Work to be completed: How many lines in the data below include the word "owned"? State the number alone.

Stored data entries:
····················

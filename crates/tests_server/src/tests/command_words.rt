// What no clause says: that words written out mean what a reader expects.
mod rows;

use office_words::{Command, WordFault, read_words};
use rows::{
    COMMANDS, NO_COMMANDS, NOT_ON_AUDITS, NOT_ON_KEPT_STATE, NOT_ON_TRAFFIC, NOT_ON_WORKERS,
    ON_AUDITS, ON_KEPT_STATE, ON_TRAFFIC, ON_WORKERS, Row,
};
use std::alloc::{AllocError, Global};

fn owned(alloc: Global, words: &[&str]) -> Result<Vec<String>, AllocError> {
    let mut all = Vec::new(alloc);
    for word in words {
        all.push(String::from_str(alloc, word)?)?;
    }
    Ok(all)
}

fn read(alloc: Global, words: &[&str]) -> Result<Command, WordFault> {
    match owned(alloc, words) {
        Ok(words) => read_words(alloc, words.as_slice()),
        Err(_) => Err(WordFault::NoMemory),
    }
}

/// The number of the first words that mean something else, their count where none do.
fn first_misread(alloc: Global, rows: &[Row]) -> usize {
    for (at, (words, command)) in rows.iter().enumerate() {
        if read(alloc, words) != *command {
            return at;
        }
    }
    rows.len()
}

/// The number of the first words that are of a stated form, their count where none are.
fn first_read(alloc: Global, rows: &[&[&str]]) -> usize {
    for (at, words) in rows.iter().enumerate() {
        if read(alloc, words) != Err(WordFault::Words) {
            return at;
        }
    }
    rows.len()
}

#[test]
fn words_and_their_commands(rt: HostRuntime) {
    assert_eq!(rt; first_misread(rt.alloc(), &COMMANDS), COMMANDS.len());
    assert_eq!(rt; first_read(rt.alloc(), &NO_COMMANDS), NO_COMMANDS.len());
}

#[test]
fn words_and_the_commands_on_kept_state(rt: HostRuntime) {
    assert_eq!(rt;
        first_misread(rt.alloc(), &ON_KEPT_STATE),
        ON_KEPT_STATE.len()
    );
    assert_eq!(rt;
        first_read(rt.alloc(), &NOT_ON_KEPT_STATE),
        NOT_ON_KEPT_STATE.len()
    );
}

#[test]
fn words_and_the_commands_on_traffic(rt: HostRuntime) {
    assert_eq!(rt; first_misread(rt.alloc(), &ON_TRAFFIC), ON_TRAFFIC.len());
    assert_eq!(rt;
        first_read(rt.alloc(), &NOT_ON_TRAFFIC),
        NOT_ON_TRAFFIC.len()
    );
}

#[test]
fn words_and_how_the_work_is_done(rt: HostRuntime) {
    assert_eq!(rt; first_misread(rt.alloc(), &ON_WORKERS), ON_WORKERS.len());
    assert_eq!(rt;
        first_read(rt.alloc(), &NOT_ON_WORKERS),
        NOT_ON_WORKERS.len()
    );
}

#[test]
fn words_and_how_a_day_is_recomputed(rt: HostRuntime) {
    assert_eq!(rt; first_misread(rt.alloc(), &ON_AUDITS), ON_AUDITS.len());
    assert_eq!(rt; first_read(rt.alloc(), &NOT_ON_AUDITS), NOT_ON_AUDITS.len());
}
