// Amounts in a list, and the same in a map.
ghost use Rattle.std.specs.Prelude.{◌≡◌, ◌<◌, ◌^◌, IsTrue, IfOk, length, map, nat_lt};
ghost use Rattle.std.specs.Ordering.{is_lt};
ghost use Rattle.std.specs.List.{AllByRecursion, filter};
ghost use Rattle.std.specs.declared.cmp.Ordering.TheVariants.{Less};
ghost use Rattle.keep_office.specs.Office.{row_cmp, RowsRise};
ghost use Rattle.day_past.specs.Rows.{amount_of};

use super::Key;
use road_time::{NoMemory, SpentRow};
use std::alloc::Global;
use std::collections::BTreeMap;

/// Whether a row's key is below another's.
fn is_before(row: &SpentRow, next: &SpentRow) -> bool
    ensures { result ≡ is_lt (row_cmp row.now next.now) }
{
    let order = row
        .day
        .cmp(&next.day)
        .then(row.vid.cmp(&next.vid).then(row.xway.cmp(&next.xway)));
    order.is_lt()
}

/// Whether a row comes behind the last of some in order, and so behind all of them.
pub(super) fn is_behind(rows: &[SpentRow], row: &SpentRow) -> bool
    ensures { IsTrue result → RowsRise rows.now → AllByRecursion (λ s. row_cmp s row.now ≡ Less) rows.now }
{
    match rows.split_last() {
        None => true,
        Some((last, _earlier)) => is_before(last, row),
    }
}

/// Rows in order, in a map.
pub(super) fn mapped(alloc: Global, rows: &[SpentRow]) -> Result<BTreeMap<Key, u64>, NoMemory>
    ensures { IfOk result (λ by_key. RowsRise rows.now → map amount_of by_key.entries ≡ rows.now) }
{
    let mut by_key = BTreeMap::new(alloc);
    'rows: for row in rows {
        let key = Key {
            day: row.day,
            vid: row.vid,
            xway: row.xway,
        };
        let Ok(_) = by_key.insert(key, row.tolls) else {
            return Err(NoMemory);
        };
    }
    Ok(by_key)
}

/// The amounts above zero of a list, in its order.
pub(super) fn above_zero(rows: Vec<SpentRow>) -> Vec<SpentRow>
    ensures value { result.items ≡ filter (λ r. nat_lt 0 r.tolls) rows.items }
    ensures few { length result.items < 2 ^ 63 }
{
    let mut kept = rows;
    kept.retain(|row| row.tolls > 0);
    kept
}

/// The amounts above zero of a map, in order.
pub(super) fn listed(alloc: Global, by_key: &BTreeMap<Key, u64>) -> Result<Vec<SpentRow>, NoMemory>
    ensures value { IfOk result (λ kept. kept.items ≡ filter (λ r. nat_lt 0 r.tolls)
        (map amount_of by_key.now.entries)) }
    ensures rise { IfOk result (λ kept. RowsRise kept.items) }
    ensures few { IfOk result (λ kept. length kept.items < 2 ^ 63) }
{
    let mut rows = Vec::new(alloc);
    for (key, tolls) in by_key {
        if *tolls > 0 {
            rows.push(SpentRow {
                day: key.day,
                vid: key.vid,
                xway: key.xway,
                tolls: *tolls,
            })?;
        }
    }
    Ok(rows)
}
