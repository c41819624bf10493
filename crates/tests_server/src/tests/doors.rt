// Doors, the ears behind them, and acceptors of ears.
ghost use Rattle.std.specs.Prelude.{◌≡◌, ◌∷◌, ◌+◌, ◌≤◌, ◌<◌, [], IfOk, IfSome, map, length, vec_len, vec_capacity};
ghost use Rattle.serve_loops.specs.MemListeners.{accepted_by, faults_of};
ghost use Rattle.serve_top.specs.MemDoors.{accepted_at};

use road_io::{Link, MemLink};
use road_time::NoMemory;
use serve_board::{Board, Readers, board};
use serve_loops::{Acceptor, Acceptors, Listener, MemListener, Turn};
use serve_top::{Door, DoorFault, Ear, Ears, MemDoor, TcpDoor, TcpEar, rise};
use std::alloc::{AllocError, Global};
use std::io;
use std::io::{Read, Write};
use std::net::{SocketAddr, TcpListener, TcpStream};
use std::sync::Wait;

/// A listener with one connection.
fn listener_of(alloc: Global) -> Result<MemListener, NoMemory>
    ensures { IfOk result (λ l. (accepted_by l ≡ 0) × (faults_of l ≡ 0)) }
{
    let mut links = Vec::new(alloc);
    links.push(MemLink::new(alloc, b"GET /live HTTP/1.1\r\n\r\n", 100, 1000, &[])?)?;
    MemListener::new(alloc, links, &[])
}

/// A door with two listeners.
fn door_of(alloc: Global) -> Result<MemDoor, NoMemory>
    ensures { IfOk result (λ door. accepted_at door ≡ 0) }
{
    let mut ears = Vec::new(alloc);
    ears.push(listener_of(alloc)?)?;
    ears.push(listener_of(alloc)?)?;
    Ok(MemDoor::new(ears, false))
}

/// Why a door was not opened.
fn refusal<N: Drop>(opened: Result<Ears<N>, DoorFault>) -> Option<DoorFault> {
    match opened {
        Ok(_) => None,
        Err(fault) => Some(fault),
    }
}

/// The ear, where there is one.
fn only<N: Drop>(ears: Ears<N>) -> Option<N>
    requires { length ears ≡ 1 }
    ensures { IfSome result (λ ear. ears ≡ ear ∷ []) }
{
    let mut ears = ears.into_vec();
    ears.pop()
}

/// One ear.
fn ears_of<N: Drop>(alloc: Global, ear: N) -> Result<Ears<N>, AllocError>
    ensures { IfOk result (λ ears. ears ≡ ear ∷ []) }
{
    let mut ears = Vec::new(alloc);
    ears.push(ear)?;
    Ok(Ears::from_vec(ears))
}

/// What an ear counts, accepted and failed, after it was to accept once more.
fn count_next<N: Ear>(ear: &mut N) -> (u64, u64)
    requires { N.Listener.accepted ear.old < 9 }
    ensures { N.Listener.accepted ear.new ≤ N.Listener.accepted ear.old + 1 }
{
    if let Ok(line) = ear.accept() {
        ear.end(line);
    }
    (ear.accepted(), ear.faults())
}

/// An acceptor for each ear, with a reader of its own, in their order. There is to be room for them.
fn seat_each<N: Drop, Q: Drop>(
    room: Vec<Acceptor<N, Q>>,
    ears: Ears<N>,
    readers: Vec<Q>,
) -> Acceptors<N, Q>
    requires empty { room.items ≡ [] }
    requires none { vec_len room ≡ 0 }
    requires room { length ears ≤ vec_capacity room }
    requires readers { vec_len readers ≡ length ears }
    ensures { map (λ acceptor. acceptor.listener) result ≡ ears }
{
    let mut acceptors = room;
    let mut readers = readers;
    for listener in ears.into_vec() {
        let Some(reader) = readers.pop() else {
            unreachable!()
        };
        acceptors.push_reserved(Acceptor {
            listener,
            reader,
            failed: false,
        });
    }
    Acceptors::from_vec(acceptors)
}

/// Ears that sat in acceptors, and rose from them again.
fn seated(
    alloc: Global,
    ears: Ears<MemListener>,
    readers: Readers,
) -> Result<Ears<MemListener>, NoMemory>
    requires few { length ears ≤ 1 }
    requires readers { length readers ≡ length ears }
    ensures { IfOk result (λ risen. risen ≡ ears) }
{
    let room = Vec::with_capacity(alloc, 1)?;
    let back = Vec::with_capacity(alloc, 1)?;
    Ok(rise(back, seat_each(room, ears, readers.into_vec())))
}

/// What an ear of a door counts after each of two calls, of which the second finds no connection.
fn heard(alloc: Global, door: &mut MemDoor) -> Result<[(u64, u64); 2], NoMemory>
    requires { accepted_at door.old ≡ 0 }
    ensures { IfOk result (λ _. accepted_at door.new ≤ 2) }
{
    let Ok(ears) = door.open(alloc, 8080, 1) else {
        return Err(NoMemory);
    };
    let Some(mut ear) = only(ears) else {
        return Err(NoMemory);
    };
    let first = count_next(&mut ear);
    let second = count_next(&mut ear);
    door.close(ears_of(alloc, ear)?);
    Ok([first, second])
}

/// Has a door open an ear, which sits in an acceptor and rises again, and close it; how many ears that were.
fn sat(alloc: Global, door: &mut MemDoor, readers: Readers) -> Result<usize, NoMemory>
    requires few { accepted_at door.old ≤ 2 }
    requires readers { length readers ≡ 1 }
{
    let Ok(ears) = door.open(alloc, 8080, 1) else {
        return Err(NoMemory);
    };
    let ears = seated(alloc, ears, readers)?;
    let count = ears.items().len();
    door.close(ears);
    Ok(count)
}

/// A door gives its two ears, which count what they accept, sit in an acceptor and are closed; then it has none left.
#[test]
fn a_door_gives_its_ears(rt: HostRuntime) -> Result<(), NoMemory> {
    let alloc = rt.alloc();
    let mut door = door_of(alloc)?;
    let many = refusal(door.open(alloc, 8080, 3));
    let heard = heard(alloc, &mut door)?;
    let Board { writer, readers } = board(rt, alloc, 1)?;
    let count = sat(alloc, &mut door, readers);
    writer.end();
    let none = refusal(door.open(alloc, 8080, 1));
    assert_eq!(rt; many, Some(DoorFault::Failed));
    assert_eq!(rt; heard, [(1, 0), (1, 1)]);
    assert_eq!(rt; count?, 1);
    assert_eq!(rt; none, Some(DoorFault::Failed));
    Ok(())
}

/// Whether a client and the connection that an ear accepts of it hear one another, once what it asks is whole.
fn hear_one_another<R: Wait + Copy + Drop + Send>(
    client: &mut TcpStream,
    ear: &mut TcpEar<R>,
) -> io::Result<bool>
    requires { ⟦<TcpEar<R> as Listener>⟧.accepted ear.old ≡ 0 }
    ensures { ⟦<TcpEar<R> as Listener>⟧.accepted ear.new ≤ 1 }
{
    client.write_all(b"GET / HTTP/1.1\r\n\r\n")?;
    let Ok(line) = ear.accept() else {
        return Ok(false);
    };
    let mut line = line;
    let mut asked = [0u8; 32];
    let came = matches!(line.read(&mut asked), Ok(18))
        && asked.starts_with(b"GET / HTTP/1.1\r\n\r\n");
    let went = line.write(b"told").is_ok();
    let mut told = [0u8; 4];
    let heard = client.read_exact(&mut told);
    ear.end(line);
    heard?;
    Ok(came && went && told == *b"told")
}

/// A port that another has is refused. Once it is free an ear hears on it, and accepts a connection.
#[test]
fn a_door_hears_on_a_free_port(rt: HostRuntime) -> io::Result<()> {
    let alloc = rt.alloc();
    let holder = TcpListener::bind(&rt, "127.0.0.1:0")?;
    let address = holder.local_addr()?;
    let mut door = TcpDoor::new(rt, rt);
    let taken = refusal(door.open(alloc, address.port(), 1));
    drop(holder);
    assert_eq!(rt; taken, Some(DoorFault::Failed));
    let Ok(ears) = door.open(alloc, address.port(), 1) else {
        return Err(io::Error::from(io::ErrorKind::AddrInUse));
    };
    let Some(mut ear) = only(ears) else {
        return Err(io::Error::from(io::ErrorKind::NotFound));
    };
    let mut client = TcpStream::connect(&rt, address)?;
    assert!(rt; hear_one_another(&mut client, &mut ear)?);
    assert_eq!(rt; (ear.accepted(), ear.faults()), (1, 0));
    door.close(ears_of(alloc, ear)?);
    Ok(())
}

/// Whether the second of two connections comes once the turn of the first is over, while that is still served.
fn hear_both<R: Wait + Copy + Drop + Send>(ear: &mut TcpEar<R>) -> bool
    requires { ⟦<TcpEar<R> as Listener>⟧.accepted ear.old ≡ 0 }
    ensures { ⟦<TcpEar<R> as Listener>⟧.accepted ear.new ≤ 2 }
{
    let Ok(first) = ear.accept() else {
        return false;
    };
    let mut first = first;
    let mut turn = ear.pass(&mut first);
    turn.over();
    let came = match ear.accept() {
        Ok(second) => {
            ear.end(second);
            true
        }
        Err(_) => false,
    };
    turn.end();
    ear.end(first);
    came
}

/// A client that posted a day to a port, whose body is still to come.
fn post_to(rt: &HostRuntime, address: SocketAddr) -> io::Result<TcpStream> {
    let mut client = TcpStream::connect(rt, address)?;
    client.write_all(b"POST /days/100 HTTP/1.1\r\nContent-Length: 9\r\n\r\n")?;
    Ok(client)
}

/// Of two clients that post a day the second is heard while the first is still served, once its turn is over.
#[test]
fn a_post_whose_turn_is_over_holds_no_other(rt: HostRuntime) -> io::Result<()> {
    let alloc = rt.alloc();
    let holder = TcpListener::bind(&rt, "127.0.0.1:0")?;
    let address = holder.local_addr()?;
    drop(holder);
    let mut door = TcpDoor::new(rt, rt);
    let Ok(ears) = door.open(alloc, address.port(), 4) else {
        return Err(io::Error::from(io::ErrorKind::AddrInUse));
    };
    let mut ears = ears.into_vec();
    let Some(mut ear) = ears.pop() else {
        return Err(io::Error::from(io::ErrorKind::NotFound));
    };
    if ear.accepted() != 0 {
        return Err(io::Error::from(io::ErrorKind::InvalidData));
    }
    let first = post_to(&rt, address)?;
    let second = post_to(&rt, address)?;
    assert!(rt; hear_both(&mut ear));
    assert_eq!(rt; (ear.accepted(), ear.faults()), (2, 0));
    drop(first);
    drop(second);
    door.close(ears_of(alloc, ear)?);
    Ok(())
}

····················

Answer: 2